Posted: 26 Dec 2010 05:04 AM PST

MOSCOW (Reuters) - Russian oil tycoon Mikhail Khodorkovsky is likely to stay in jail until at least 2012, his wife said on Sunday, suggesting she expects him to be found guilty of more crimes.

Once Russia's richest man and head of its former biggest oil producer, now defunct Yukos, Khodorkovsky is nearing the end of an eight-year sentence imposed in a fraud and tax evasion trial that shaped Vladimir Putin's 2000-2008 presidency.

File photo of Inna (L) the wife of oil tycoon Mikhail Khodorkovsky arriving at a Moscow court, May 30, 2005. Russian oil tycoon Mikhail Khodorkovsky is likely to stay in jail until at least 2012, his wife said on Sunday, suggesting she expects him to be found guilty of more crimes. (REUTERS/Alexander Natruskin/Files)

According to the current sentence, he would be due to leave prison in 2011 but Russian authorities launched a fresh case against him and, on Monday, a judge in Moscow will start reading a new verdict.

Prosecutors say he stole $27 billion in oil from Yukos subsidiaries through pricing schemes and want him sentenced to six more years in prison. His lawyers dismiss the charges as an absurd, politically motivated pretext to keep him behind bars.

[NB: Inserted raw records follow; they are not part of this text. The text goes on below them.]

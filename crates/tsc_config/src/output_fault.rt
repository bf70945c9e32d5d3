//! What is done once the output fails.
ghost use Rattle.std.specs.Prelude.{◌≡◌, codes};
ghost use Rattle.toml.specs.Data.{get_member};
ghost use Rattle.toml.specs.View.{table_view};
ghost use Rattle.tsc_config.specs.Values as spec;

use config_faults::member;
use toml::{Table, Value};

/// What is done once a line can't be written.
#[derive(Clone, Copy, PartialEq, Eq)]
pub enum OutputFault {
    /// It and what comes after it is discarded.
    Discard,
    /// The collector stops, as at a close.
    Stop,
    /// It is tried again, until it is taken or the collector closes.
    Retry,
}

/// What stands at the key `output_fault`, or its default.
pub fn output_fault_at(table: &Table) -> OutputFault
    ensures { result ≡ spec.output_fault_of (get_member (codes "output_fault") (table_view table.now)) }
{
    match member(table, "output_fault") {
        Some(Value::String(text)) => fault_named(text.as_str()),
        _ => OutputFault::Discard,
    }
}

/// What a text names.
fn fault_named(text: &str) -> OutputFault
    ensures { result ≡ spec.output_fault_named text.now }
{
    match text {
        "stop" => OutputFault::Stop,
        "retry" => OutputFault::Retry,
        _ => OutputFault::Discard,
    }
}
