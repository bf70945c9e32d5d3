//! In which form a run is logged.
ghost use Rattle.std.specs.Prelude.{◌≡◌, codes};
ghost use Rattle.toml.specs.Data.{get_member};
ghost use Rattle.toml.specs.View.{table_view};
ghost use Rattle.tsc_config.specs.Values as spec;

use config_faults::member;
use toml::{Table, Value};

/// What is said of a run on standard error.
#[derive(Clone, Copy, PartialEq, Eq)]
pub enum LogForm {
    /// A line of text for each event.
    Text,
    /// A line of JSON for each.
    Json,
    /// Nothing.
    Off,
}

/// The form at the key `log`, or its default.
pub fn log_form_at(table: &Table) -> LogForm
    ensures { result ≡ spec.log_form_of (get_member (codes "log") (table_view table.now)) }
{
    match member(table, "log") {
        Some(Value::String(text)) => form_of(text.as_str()),
        _ => LogForm::Text,
    }
}

/// The form that a text names.
fn form_of(text: &str) -> LogForm
    ensures { result ≡ spec.log_form_named text.now }
{
    match text {
        "json" => LogForm::Json,
        "off" => LogForm::Off,
        _ => LogForm::Text,
    }
}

The verdict and the sentence, which many suspect will be decided in the Kremlin, will be widely seen a sign of whether President Dmitry Medvedev has the will -- and the clout -- to free a man whose imprisonment is a symbol of Putin's rule.

Khodorkovsky's wife Inna told Russia's Snob magazine, owned by Russian tycoon Mikhail Prokhorov, that she was sure her husband will remain in prison until at least 2012.

"My husband will stay in prison till 2012, that's for sure. And who knows what will happen after that? No one," Inna Khodorkovsky said in the Internet version of the edition, which appeared online on Sunday.

Both Prime Minister Putin and Medvedev say they will decide together who will run for president in 2012 as the Kremlin's shoo-in candidate, but many Russians suspect it will be Putin.

Earlier this month Putin told Russians during a televised address that Khodorkovsky belonged in prison, prompting protests from his lawyers.

But Medvedev seemed to take Putin to task for his tough treatment of the former tycoon, saying it was wrong for any official to express his stance on the case before the verdict is announced.

Khodorkovsky has repeatedly stressed his innocence and says all the charges were cooked up by highly placed officials who wanted him in jail so they could carve up his multi-billion dollar business empire.